» **TASK DIRECTIONS**
Find how many lines of the following entries contain "have". Reply with the number alone.

==== STUDY MATERIAL

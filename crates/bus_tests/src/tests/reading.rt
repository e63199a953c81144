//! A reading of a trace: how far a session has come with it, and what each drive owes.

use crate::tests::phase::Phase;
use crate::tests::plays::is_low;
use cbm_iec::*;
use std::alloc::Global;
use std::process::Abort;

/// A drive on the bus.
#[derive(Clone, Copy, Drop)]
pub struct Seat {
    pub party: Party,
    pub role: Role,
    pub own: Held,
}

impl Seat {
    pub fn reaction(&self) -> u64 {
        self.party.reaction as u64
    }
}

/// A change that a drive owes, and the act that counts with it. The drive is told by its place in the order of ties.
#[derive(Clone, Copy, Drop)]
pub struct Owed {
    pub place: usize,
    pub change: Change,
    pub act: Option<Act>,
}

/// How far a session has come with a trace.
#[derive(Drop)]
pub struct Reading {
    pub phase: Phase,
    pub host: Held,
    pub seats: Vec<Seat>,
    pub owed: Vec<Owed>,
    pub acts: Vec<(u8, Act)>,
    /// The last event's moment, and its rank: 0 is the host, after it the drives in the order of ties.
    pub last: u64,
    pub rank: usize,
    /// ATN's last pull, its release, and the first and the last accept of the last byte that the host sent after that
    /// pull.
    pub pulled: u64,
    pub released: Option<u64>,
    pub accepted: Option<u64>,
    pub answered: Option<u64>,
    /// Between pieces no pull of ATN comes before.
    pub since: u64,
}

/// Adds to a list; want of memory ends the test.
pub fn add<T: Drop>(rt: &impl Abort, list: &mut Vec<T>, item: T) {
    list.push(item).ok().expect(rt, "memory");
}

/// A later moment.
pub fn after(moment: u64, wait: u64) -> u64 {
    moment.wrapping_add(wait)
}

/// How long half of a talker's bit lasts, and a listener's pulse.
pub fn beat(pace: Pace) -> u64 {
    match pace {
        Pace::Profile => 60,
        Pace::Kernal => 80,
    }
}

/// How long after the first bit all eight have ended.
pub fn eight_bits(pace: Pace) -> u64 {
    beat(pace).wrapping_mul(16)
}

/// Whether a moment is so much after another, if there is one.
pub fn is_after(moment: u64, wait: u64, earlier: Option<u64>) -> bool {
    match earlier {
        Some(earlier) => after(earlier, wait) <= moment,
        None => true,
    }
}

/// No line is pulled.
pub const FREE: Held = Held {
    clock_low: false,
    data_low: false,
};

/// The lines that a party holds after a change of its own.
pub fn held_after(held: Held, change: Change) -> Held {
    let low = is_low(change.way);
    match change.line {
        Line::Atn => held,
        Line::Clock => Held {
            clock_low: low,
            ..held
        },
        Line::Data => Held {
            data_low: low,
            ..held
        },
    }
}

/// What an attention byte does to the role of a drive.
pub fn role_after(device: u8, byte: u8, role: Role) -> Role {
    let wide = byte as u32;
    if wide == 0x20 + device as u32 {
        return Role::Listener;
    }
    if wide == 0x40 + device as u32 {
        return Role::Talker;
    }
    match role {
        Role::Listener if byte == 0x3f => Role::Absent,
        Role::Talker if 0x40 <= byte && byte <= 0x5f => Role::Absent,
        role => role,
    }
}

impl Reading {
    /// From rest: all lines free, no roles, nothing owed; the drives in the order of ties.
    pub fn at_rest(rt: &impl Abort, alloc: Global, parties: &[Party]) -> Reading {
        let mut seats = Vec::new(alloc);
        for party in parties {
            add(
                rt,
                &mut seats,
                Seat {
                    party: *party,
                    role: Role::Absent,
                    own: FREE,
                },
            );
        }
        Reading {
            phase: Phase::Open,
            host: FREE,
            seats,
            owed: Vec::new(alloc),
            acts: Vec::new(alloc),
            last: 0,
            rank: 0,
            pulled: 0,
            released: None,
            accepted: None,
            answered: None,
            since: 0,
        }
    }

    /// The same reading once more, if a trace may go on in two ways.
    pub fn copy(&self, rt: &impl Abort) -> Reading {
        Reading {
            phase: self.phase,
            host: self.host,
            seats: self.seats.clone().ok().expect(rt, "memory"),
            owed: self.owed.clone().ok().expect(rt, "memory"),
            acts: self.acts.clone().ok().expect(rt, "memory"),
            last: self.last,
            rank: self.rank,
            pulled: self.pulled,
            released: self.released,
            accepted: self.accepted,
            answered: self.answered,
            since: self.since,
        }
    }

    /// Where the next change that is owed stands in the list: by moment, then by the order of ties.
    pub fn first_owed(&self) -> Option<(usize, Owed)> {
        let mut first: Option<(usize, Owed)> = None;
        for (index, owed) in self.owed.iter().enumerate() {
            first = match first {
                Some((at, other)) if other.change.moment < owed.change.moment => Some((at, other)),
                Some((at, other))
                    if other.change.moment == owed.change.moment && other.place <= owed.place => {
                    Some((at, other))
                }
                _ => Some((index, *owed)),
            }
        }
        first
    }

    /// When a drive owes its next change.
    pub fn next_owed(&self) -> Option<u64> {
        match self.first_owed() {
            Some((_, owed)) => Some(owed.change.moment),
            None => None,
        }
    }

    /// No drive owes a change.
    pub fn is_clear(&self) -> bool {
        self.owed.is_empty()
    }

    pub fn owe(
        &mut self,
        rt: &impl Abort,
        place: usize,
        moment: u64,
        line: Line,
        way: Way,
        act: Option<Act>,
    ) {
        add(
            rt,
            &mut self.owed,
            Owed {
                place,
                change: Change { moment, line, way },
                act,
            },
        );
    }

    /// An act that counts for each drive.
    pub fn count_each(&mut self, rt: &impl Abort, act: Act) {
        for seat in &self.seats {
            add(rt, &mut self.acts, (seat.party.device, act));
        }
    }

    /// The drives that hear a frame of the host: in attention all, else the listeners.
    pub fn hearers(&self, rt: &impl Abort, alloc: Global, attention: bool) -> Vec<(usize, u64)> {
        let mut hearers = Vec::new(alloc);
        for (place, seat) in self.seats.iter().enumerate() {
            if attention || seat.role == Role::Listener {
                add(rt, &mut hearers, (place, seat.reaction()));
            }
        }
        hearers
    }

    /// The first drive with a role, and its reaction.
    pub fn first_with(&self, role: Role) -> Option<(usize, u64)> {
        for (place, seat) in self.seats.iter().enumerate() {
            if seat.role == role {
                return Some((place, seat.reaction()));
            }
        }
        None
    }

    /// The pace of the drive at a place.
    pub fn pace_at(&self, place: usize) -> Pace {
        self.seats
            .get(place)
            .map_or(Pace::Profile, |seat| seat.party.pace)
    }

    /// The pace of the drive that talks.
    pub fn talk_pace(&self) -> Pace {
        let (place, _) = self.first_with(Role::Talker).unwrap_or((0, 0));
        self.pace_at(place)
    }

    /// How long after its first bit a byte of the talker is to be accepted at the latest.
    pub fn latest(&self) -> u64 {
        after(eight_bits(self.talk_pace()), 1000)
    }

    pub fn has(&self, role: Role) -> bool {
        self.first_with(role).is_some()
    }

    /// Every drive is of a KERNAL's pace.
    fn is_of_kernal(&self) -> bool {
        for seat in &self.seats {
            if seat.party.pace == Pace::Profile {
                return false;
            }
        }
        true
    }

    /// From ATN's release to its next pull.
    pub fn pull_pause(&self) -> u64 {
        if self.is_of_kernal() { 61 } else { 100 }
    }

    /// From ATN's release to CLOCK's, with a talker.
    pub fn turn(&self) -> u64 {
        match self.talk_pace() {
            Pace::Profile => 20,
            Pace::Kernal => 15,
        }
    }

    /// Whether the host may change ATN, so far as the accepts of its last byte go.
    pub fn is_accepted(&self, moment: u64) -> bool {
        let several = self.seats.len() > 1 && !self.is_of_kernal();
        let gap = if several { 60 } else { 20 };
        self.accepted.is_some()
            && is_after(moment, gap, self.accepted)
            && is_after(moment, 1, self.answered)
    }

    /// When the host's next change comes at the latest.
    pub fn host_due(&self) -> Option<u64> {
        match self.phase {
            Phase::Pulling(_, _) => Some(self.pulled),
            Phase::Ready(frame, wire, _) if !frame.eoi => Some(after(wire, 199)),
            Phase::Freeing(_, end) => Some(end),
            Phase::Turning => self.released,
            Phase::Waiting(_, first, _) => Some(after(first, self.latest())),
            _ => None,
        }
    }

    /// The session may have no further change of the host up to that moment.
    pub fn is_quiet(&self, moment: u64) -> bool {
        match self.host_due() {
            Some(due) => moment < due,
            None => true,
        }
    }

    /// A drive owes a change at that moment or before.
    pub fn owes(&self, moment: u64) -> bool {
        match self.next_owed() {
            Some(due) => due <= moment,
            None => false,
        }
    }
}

========

» **COMPLETED EXERCISE**
2